Magdeburger Spuren

Ein Projekt des Stadtarchivs Magdeburg

Während des Dreißigjährigen Krieges ist mit dem historischen Ratsarchiv 1631 auch ein Stück des Gedächtnisses der Stadt Magdeburg zerstört worden. Dieser Verlust beeinträchtigt Forschung und Erinnerungskultur bis heute. Das Projekt „Magdeburger Spuren“ des Stadtarchivs Magdeburg versucht die Überlieferungen vor 1631 wiederherzustellen. Anlässlich eines Workshops am 5.9.2019 wurde auch die zugehörige Internetseite www.magdeburger-spuren.de freigeschaltet.

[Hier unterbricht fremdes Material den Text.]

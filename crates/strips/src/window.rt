//! The routing graph of the device, as the strips on it see it.
ghost use Rattle.std.specs.Prelude.{◌≡◌, ◌≤◌, IfOk, IfSome, is_some};
ghost use Rattle.arch_file.specs.Arch.{IsArch};
ghost use Rattle.grid.specs.declared.Strip.{Strip};
ghost use Rattle.grid.specs.Sizes.{IsStripSize};
ghost use Rattle.rr_graph.specs.Graph.{Basis};
ghost use Rattle.strips.specs.Windows.{Shows, device_strip, is_on_device};

use arch_file::Arch;
use grid::Strip;
use rr_graph::{
    EdgeEnds, Fabric, GraphPart, Node, NodeKind, Numbers, StripGraph, laws_of_geometry,
};
use std::alloc::{AllocError, Global};
use std::marker::Model;

/// The routing graph of a device, of all its columns. Its value is its basis.
#[derive(Drop)]
pub struct DeviceGraph {
    fabric: Fabric,
}

impl Model for DeviceGraph {
    ghost use Rattle.rr_graph.specs.Graph.{Basis};

    ghost Value = { Basis };

    ghost view = { λ g. g.fabric };
}

impl DeviceGraph {
    /// Builds the graph of a device of `columns` columns and `rows` rows. Reading it through
    /// windows takes no memory. Fails with [`AllocError`] if memory runs out.
    pub fn new(alloc: Global, arch: &Arch, columns: u32, rows: u32) -> Result<Self, AllocError>
        requires arch { IsArch arch.now }
        requires size { IsStripSize (device_strip arch.now columns rows) }
        ensures arch { IfOk result (λ graph. graph.arch ≡ arch.now) }
        ensures strip { IfOk result (λ graph. graph.strip ≡ device_strip arch.now columns rows) }
    {
        let strip = Strip {
            width: columns,
            rows,
            io_rat: arch.io_rat,
        };
        let fabric = Fabric::new(alloc, arch, strip)?;
        Ok(DeviceGraph { fabric })
    }
}

/// A strip's window on the device's graph: the strip's own routing graph, in its own columns, read
/// from the device's tables. All columns have the same nodes and the same edges beside them, so the
/// strip's offset only decides whether there is a window. Its value is the basis of the strip's
/// graph.
#[derive(Drop)]
pub struct Window<'a> {
    part: GraphPart<'a>,
}

impl<'a> Model for Window<'a> {
    ghost use Rattle.rr_graph.specs.Graph.{Basis};

    ghost Value = { Basis };

    ghost view = { λ w. w.part };
}

impl<'a> Window<'a> {
    /// Returns the window of a strip at that offset; `None` if the device doesn't have the strip
    /// there. The strip must lie within the device's columns, have at least one column, and have
    /// exactly the device's rows and pads. Takes no memory.
    pub fn new(graph: &'a DeviceGraph, offset: u32, strip: Strip) -> Option<Self>
        ensures there { is_some result ≡ is_on_device graph.now.strip strip offset }
        ensures arch { IfSome result (λ window. window.arch ≡ graph.now.arch) }
        ensures strip { IfSome result (λ window. window.strip ≡ strip) }
        ensures shown { IfSome result (Shows graph.now offset) }
    {
        let device = graph.fabric.strip();
        laws_of_geometry();
        if strip.rows != device.rows || strip.io_rat != device.io_rat {
            return None;
        }
        if strip.width == 0 || device.width < strip.width || device.width - strip.width < offset {
            return None;
        }
        Some(Window {
            part: graph.fabric.part(strip.width),
        })
    }
}

impl<'a> StripGraph for Window<'a> {
    ghost basis = { λ window. window };

    fn count(&self) -> usize {
        self.part.count()
    }

    fn node(&self, node: usize) -> Node {
        self.part.node(node)
    }

    fn number(&self, node: Node) -> Option<usize> {
        self.part.number(node)
    }

    fn numbers_at(&self, kind: NodeKind, x: u32, y: u32) -> Numbers {
        self.part.numbers_at(kind, x, y)
    }

    #[inline(always)]
    fn ends(&self, node: usize) -> EdgeEnds<'_> {
        self.part.ends(node)
    }

    fn capacity(&self, node: usize) -> u32 {
        self.part.capacity(node)
    }

    fn arch(&self) -> &Arch {
        self.part.arch()
    }

    fn strip(&self) -> Strip {
        self.part.strip()
    }
}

Abb.: Projektwebseite (Ausschnitt) „Magdeburger Spuren“ des Stadtarchivs Magdeburg

Dank einer überregional weiten Vernetzung blickt die Stadt Magdeburg auf eine reiche Vergangenheit. Durch dieses Netzwerk kann auf das kollektive Gedächtnis Europas zurückgegriffen werden, um die Geschichte der Elbestadt vor der Zerstörung des historischen Stadtarchivs wiederherzustellen. Das wusste bereits Otto von Guericke: Er begann nach dem Dreißigjährigen Krieg, Kopien aus auswärtigen Archiven von Wien bis Lübeck zu beschaffen, um die Rechtstitel seiner Stadt zu sichern.

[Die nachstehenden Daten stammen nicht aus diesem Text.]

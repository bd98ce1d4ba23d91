//! The nets between blocks.
ghost use Rattle.std.specs.Prelude.{◌≡◌, ◌<◌, ◌≤◌, ◌++◌, [], ◌∷◌, IfOk, OnOk, length, slice_get, Some};
ghost use Rattle.cluster.specs.NetUses.{other_readers};

use crate::block::BlockNet;
use rows::Span;
use std::alloc::{AllocError, Global};
use std::marker::Model;

/// A net between blocks without its readers, and the span of these among all readers.
#[derive(Clone, Copy)]
pub(crate) struct NetSpan {
    pub(crate) net: u32,
    pub(crate) driver: u32,
    pub(crate) readers: Span,
    pub(crate) global: bool,
}

/// Nets between blocks, by number. Its value is their list.
#[derive(Drop)]
pub(crate) struct BlockNets {
    readers: Vec<u32>,
    nets: Vec<NetSpan>,
}

impl Model for BlockNets {
    ghost use Rattle.std.specs.Prelude.{List, length, map};
    ghost use Rattle.cluster.specs.Blocks.{BlockNet};
    ghost use Rattle.cluster.specs.FlatNets.{net_at, AreNetsWithin};

    ghost Value = { List BlockNet };

    ghost view = { λ n. map (net_at n.readers.items) n.nets.items };

    ghost invariant = { λ n. AreNetsWithin (length n.readers.items) n.nets.items };
}

impl BlockNets {
    /// No nets.
    pub(crate) fn new(alloc: Global) -> Self
        ensures { result ≡ [] }
    {
        BlockNets {
            readers: Vec::new(alloc),
            nets: Vec::new(alloc),
        }
    }

    /// The number of nets.
    pub(crate) fn len(&self) -> usize
        ensures { result ≡ length self.now }
    {
        self.nets.len()
    }

    /// The net with this number.
    pub(crate) fn net(&self, number: usize) -> BlockNet<'_>
        requires { number < length self.now }
        ensures { slice_get self.now number
            ≡ Some (record {
              net = result.net;
              driver = result.driver;
              readers = result.readers.now;
              global = result.global;
            }) }
    {
        let net = self.nets[number];
        BlockNet {
            net: net.net,
            driver: net.driver,
            readers: &self.readers[net.readers.start..net.readers.end],
            global: net.global,
        }
    }

    /// Adds a net at the end. Its driver is left out of its readers.
    pub(crate) fn push(&mut self, net: BlockNet<'_>) -> Result<(), AllocError>
        ensures { IfOk result (λ _. self.new
            ≡ self.old ++ record {
              net = net.entry.net;
              driver = net.entry.driver;
              readers = other_readers net.entry.driver net.entry.readers.now;
              global = net.entry.global;
            }
            ∷ []) }
    {
        let start = self.readers.len();
        add_others(&mut self.readers, net.driver, net.readers)?;
        let end = self.readers.len();
        self.nets.push(NetSpan {
            net: net.net,
            driver: net.driver,
            readers: Span { start, end },
            global: net.global,
        })?;
        Ok(())
    }
}

/// Appends the blocks that aren't the driver.
fn add_others(readers: &mut Vec<u32>, driver: u32, blocks: &[u32]) -> Result<(), AllocError>
    ensures added { OnOk result (readers.new.items
        ≡ readers.old.items ++ other_readers driver blocks.now) }
    ensures grown { length readers.old.items ≤ length readers.new.items }
{
    for block in blocks {
        if *block != driver {
            readers.push(*block)?;
        }
    }
    Ok(())
}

Mit dem Projekt „Magdeburger Spuren“ hat das Stadtarchiv die Idee Guerickes aufgegriffen und dank „Digital Humanities“ ins 21. Jahrhundert übersetzt. Digital Humanities, also die digitalen Geisteswissenschaften, nutzen computergestützte Verfahren und digitale Ressourcen, um die zerstörten Überlieferungen vor 1631 virtuell zu rekonstruieren und nutzbar zu machen. Archivische Funde werden dabei als Digitalisate, zusammen mit allen wichtigen Erschließungsinformationen (Herkunftsarchiv, Signatur, Überlieferungskontext), in den virtuellen Bestand „Magdeburger Spuren“ aufgenommen und damit auf der Website für jedermann zugänglich.

Über das Projekt und erste Ergebnisse informierte im Stadtarchiv der Workshop am 5. September. Studierende aus Potsdam und Leipzig, die im Projekt mitgearbeitet haben, berichteten von ihren Erfahrungen. Die Spurensuche baut auf zukünftig auf eine breite Beteiligung Ehrenamtlicher, die das Projekt beispielsweise durch Recherchen in Online-Findmitteln unterstützen.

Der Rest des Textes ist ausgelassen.